Le président: Merci.

Madame Beaumier suivi de M. Bachand.

Mme Colleen Beaumier (Brampton-Ouest—Mississauga, Lib.): J'ai toujours cru qu'il fallait battre le fer pendant qu'il est chaud. Je ne veux pas parler de la situation nucléaire aujourd'hui. Je suis certaine que vous avez des discussions avec des gens qui sont mieux en mesure que moi d'en parler.

• 1600

D'abord, j'estime que le BJP a fait cela parce qu'il cherchait un ennemi commun afin de solidifier son propre gouvernement minoritaire.

Le Canada a des relations de longue date avec le Pakistan. Nous entretenons d'excellentes relations avec le Pakistan, comme nous l'avons toujours fait. Je reconnais l'indépendance du Pakistan qui est un pays indépendant depuis 51 ans. Mais le Canada est bien plus vieux que le Pakistan. Il a 80 ans de plus.

Cela dit, je reconnais que le Canada n'a pas toujours respecté les droits de la personne des minorités du pays. J'espère que c'est chose du passé et que nous ne répéterons pas ces erreurs.

Sénateur Zaki, vous êtes le fils d'un éducateur et travailleur social entre autres choses. Moi et mes commettants, les Ahmadis, les Chrétiens et les Musulmans, sommes très préoccupés par les lois sur le blasphème du Pakistan. J'aimerais que vous m'expliquiez pourquoi elles ne peuvent être abrogées et pourquoi il n'existe pas de mouvement actif préconisant leur abrogation.

Au moins Benazir Bhutto prétendait qu'elle y travaillait. Je crois savoir que le nouveau premier ministre a déclaré que ces lois étaient bonnes et nécessaires. En raison de mon engagement personnel à l'égard des électeurs sud-asiatiques de mon comté—je suis ici en leur nom—j'aimerais pouvoir donner une réponse.

Le sénateur Muhammad Akram Zaki: Je comprends votre préoccupation. Il y a des abus dans toute société. Moins les gens sont instruits, plus ils ont tendance à être fanatiques.

Cependant, une chose est claire: nous vivons à une époque où toute personne mérite d'être respectée. Il existe des lois sur la diffamation pour les cas où l'on s'attaque à l'honneur d'une personne. Il y a des lois sur le libelle et des lois sur la diffamation.

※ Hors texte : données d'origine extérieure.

//! Blocks that are valid.
ghost use Rattle.std.specs.Prelude.{◌≡◌, IfOk, [], ◌∷◌, None};
ghost use Rattle.fuzzy_meaning.specs.{Blocks.IsValid, Examples.heater as heater_block};

use crate::block::{Block, Input, Output, Rule, Trapezoid};
use crate::condition::Condition;
use fz_list::List;
use fz_num::Dec;
use std::alloc::{AllocError, Global};

/// A heater, for tests and examples: from 0 to 256 the answer rises from 0 to 100.
pub fn heater(alloc: Global) -> Result<Block, AllocError>
    ensures block { IfOk result (λ b. b ≡ heater_block) }
    ensures valid { IfOk result IsValid }
{
    let block = make_heater(alloc)?;
    Ok(block)
}

fn make_heater(alloc: Global) -> Result<Block, AllocError>
    ensures { IfOk result (λ b. b ≡ heater_block) }
{
    let cold = Trapezoid {
        a: None,
        b: Dec(0),
        c: Dec(0),
        d: Some(Dec(2_560_000)),
    };
    let hot = Trapezoid {
        a: Some(Dec(0)),
        b: Dec(2_560_000),
        c: Dec(2_560_000),
        d: None,
    };
    let input = Input {
        lo: Dec(0),
        hi: Dec(2_560_000),
        terms: List::new(vec![in alloc; cold, hot]?),
    };
    let output = Output {
        lo: Dec(0),
        hi: Dec(1_000_000),
        singletons: List::new(vec![in alloc; Dec(0), Dec(1_000_000)]?),
        default: Some(Dec(0)),
    };
    let mut inputs = Vec::new(alloc);
    inputs.push(input)?;
    let mut outputs = Vec::new(alloc);
    outputs.push(output)?;
    let mut rules = Vec::new(alloc);
    rules.push(rule(alloc, Condition::is(1, 1), 1)?)?;
    rules.push(rule(alloc, Condition::is(1, 2), 2)?)?;
    Ok(Block {
        inputs: List::new(inputs),
        outputs: List::new(outputs),
        rules: List::new(rules),
    })
}

fn rule(alloc: Global, condition: Condition, term: u8) -> Result<Rule, AllocError>
    ensures { IfOk result (λ r. r ≡ record { cond = condition; weight = None; concl = (1, term) ∷ [] }) }
{
    Ok(Rule {
        cond: condition,
        weight: None,
        concl: List::new(vec![in alloc; (1, term)]?),
    })
}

Si des personnages historiques, des prophètes et des chefs nobles qui sont tenus en haute estime par des millions de gens sont insultés, il ne peut y avoir ni paix, ni ordre. Les lois sur le blasphème ont existé en Europe et existent au Pakistan.

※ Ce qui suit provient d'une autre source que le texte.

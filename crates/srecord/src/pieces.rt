//! The bytes of an image, cut into records.
ghost use Rattle.std.specs.Prelude.{◌≡◌, ◌≤◌, ◌<◌, ◌+◌, ◌⊎◌, ◌++◌, List, length, take, drop, IfOk, OnOk};
ghost use Rattle.hex.specs.Hex.{IsBytes};
ghost use Rattle.srecord.specs.Images.{AreCut, Piece, StartsAt, data_text};
ghost use Rattle.srecord.specs.{Lines.record_text, Runs.IsRun, Runs.address_at, Runs.bytes_only};

use crate::records::put_record;
use arrayvec::ArrayVec;
use std::alloc::{AllocError, Global};

/// The most bytes of a record.
const MOST_BYTES: usize = 32;

fn address_of(byte: &(u16, u8)) -> u16
    ensures { result ≡ byte.now.0 }
{
    byte.0
}

/// How many of the bytes go into the first record.
fn piece_len(bytes: &[(u16, u8)]) -> usize
    requires { 0 < length bytes.now }
    ensures some { 1 ≤ result }
    ensures few { result ≤ MOST_BYTES }
    ensures within { result ≤ length bytes.now }
    ensures run { IsRun (address_at bytes.now 0) (take result bytes.now) }
    ensures fits { address_at bytes.now 0 + result ≤ 65536 }
    ensures ends { (result ≡ MOST_BYTES) ⊎ (StartsAt (address_at bytes.now 0 + result) (drop result bytes.now) → ⊥) }
{
    let first = usize::from(address_of(&bytes[0]));
    let mut len = 1;
    while len < bytes.len()
        && len < MOST_BYTES
        && usize::from(address_of(&bytes[len])) == first + len
    {
        len += 1;
    }
    len
}

/// Appends the record of adjacent bytes.
fn put_piece(alloc: Global, text: &mut Vec<u8>, bytes: &[(u16, u8)]) -> Result<(), AllocError>
    requires some { 0 < length bytes.now }
    requires few { length bytes.now ≤ MOST_BYTES }
    ensures record { OnOk result
        (text.new.items ≡ text.old.items ++ record_text 49 (address_at bytes.now 0) (bytes_only bytes.now)) }
    ensures bytes { IsBytes (bytes_only bytes.now) }
{
    let mut piece: ArrayVec<u8, 32> = ArrayVec::new();
    for byte in bytes {
        piece.push(byte.1);
    }
    put_record(alloc, text, b'1', bytes[0].0, piece.as_slice())
}

/// Appends the records of bytes, and returns their number.
pub(crate) fn put_pieces(
    alloc: Global,
    text: &mut Vec<u8>,
    bytes: &[(u16, u8)],
) -> Result<usize, AllocError>
    ensures { IfOk result (λ count. (pieces : List Piece) × AreCut bytes.now pieces
        × (text.new.items ≡ text.old.items ++ data_text pieces) × (count ≡ length pieces)) }
{
    let mut rest = bytes;
    let mut count = 0;
    while !rest.is_empty() {
        let (piece, behind) = rest.split_at(piece_len(rest));
        put_piece(alloc, text, piece)?;
        count += 1;
        rest = behind;
    }
    Ok(count)
}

Avant de venir ici, nous en avons discuté. J'ai moi-même fait des déclarations sur ce sujet. Nous avons décidé que nous devions nous assurer que l'on n'abusait pas de ces lois. Il faudrait modifier ces lois de sorte qu'elles prévoient un mécanisme interdisant les plaintes fondées sur l'inimitié ou l'hostilité personnelle.

Toute plainte fera l'objet d'une enquête approfondie. Un organisme de bonne réputation intentera des procédures s'il est convaincu du bien-fondé de la plainte. Si les accusations sont sans fondement, la personne ayant fait ces accusations sera passible de la peine qui aurait été imposée à l'accusé comme mesure de dissuasion. Le ministre a aussi déclaré deux jours avant mon départ que nous surveillerons la situation de très près et que nous nous assurerons qu'on n'abuse pas de ces lois.

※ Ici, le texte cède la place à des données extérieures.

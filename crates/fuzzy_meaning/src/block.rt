//! Function blocks as plain data.
use crate::condition::Condition;
use fz_list::List;
use fz_num::Dec;

/// A function block. Inputs, outputs and rules count from 1, in the text's order.
#[derive(Drop)]
pub struct Block {
    pub inputs: List<Input>,
    pub outputs: List<Output>,
    pub rules: List<Rule>,
}

/// An input: its range and its terms, which count from 1.
#[derive(Drop)]
pub struct Input {
    pub lo: Dec,
    pub hi: Dec,
    pub terms: List<Trapezoid>,
}

/// A term of an input. `b` is the first point of degree 1 and `c` the last; `a` is the last zero point before `b`
/// and `d` the first after `c`, if there is one.
#[derive(Clone, Copy)]
pub struct Trapezoid {
    pub a: Option<Dec>,
    pub b: Dec,
    pub c: Dec,
    pub d: Option<Dec>,
}

/// An output: its range, the singletons of its terms, which count from 1, and its DEFAULT, if that is a number.
/// With `DEFAULT := NC` it keeps the last answer.
#[derive(Drop)]
pub struct Output {
    pub lo: Dec,
    pub hi: Dec,
    pub singletons: List<Dec>,
    pub default: Option<Dec>,
}

/// A rule: its condition, its weight if it has a WITH, and its conclusions, each an output and one of its terms.
#[derive(Drop)]
pub struct Rule {
    pub cond: Condition,
    pub weight: Option<Dec>,
    pub concl: List<(u8, u8)>,
}
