//! Laws of the definitions.
ghost use Rattle.fuzzy_meaning.specs.{Blocks.PartsAreValid, Examples.ExamplesAreValid};
ghost use Rattle.fuzzy_meaning.specs.{Places.NumbersHaveTheirDegrees};

/// Each part of a valid AND or OR is a valid condition.
pub fn parts_are_valid()
    ensures { PartsAreValid }
{}

/// Valid blocks exist, up to every limit: a heater with two rules, a latch with vertical edges, a NOT and `DEFAULT
/// := NC`, and a block that reaches the limits on counts, depth, size and magnitudes.
pub fn examples_are_valid()
    ensures { ExamplesAreValid }
{}

/// The degree at a place of an input's range, which may lie between numbers, equals at each number the number's
/// degree.
pub fn numbers_have_their_degrees()
    ensures { NumbersHaveTheirDegrees }
{}
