//! The text of one record.
ghost use Rattle.std.specs.Prelude.{◌≡◌, ◌≤◌, ◌++◌, length, sum, OnOk};
ghost use Rattle.hex.specs.Hex.{IsBytes};
ghost use Rattle.srecord.specs.Lines.{body_of, checksum_of, record_text};

use arrayvec::ArrayVec;
use std::alloc::{AllocError, Global};

/// A record's count, address and bytes.
fn body_of_record(address: u16, bytes: &[u8]) -> ArrayVec<u8, 40>
    requires { length bytes.now ≤ 32 }
    ensures { result.items ≡ body_of address bytes.now }
{
    let mut body = ArrayVec::new();
    body.push(bytes.len() as u8 + 3);
    body.push((address / 256) as u8);
    body.push((address % 256) as u8);
    for byte in bytes {
        body.push(*byte);
    }
    body
}

/// The one's complement of the low byte of the sum.
pub(crate) fn checksum(body: &[u8]) -> u8
    requires { length body.now ≤ 256 }
    ensures { result ≡ checksum_of body.now }
{
    let mut total: u32 = 0;
    for byte in body {
        total += u32::from(*byte);
    }
    255 - (total % 256) as u8
}

/// Appends the record of this digit.
pub(crate) fn put_record(
    alloc: Global,
    text: &mut Vec<u8>,
    digit: u8,
    address: u16,
    bytes: &[u8],
) -> Result<(), AllocError>
    requires { length bytes.now ≤ 32 }
    ensures record { OnOk result (text.new.items ≡ text.old.items ++ record_text digit address bytes.now) }
    ensures bytes { IsBytes bytes.now }
{
    let mut body = body_of_record(address, bytes);
    let sum = checksum(body.as_slice());
    body.push(sum);
    let digits = hex::encode_upper(alloc, body.as_slice())?;
    text.push(b'S')?;
    text.push(digit)?;
    text.extend_from_slice(digits.as_bytes())?;
    text.push(b'\n')?;
    Ok(())
}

Par ailleurs, les tribunaux inférieurs ont rendu des décisions dans quels cas, mais jusqu'à présent, l'État a eu pour politique de souligner qu'aucun tribunal supérieur n'a confirmé l'une ou l'autre ces décisions. Ces lois sont nécessaires pour maintenir la paix et la sécurité au sein de la population peu instruite, mais, au fur et à mesure que le pays évoluera, je suis certain que, comme dans les autres pays développés, sous peu ces lois ne seront plus appliquées.

• 1605

Mme Colleen Beaumier: Ne croyez-vous pas que la mort est un châtiment un peu sévère pour avoir prononcé des insultes?

Le sénateur Muhammad Akram Zaki: Nous comprenons la situation, mais si ces insultes provoquent des émeutes qui, du coup, provoquent des morts et des incendies dans des villages entiers, la situation est telle qu'il faut faire respecter la loi et maintenir l'ordre. Nous ferons l'impossible pour nous assurer qu'aucun innocent n'est victime d'allégations sans fondement. Nous pouvons vous le garantir.

[Français]

Le président: Monsieur Bachand.

M. André Bachand (Richmond—Arthabaska, PC): J'aimerais vous souhaiter la bienvenue. C'est un grand honneur de vous recevoir.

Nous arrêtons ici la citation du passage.